The Elben women's camp was a forced labor camp run by the Todt Organization (OT) for around 200 German women and girls of Jewish origin. It existed from September 1944 to May 1945 in the north Hessian village of Elben , now part of the city of Naumburg in the Kassel district in Hesse ( Germany ). It was the third of a total of three camps that the National Socialist regime operated in the village during World War II . The painter Ilse Häfner-Mode was one of the inmates .

The first two camps

Even after the attack on Poland in 1939, Poles were for a short time forcibly brought to the town as farm workers. In the late summer of 1940, the first camp was set up under the name “Kommando 680” when 28 French prisoners of war from Stalag IX A in Ziegenhain were housed in the hall of the community restaurant in Elben. They had to do agricultural work in the village.

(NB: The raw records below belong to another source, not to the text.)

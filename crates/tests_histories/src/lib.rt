//! Tests of histories, over only public calls: their horizons, which buckets a call changes, which
//! pages are evicted first and which a warm-up loads, the digests of their buckets, and histories
//! as files (warm_history, warm_rank, warm_digest, warm_dump).
//!
//! They have a crate of their own so that the gate proves those libraries once, and not again with
//! their tests. Allocations that fail are in test_memory.
#![tactic(auto)]

#[cfg(test)]
mod changes;
#[cfg(test)]
mod damaged_dumps;
#[cfg(test)]
mod digests;
#[cfg(test)]
mod dump_streams;
#[cfg(test)]
mod dumps;
#[cfg(test)]
mod histories;
#[cfg(test)]
mod ranks;
#[cfg(test)]
mod rows;
#[cfg(test)]
mod since;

A second camp was established in 1943 in place when the Organization Todt began, in Hardt head at the "Felsenkeller" studs to drive into the mountain to there as part of the so-called U-shifting a bombproof fabrication plant (the so-called Great Great facility "Sapphire" ) for aircraft engines of the Kassel company Henschel or its subsidiary Henschel Flugmotorenbau GmbH from Altenbauna . The construction companies were Richter and Cronibus from Kassel, and the mining company Hibernia provided the necessary miners . However, the main work was done by forced laborers and prisoners of war from Eastern Europe, mostly Russians, who were housed in a barrack camp on the right bank of the Elbe on the way to Altendorf .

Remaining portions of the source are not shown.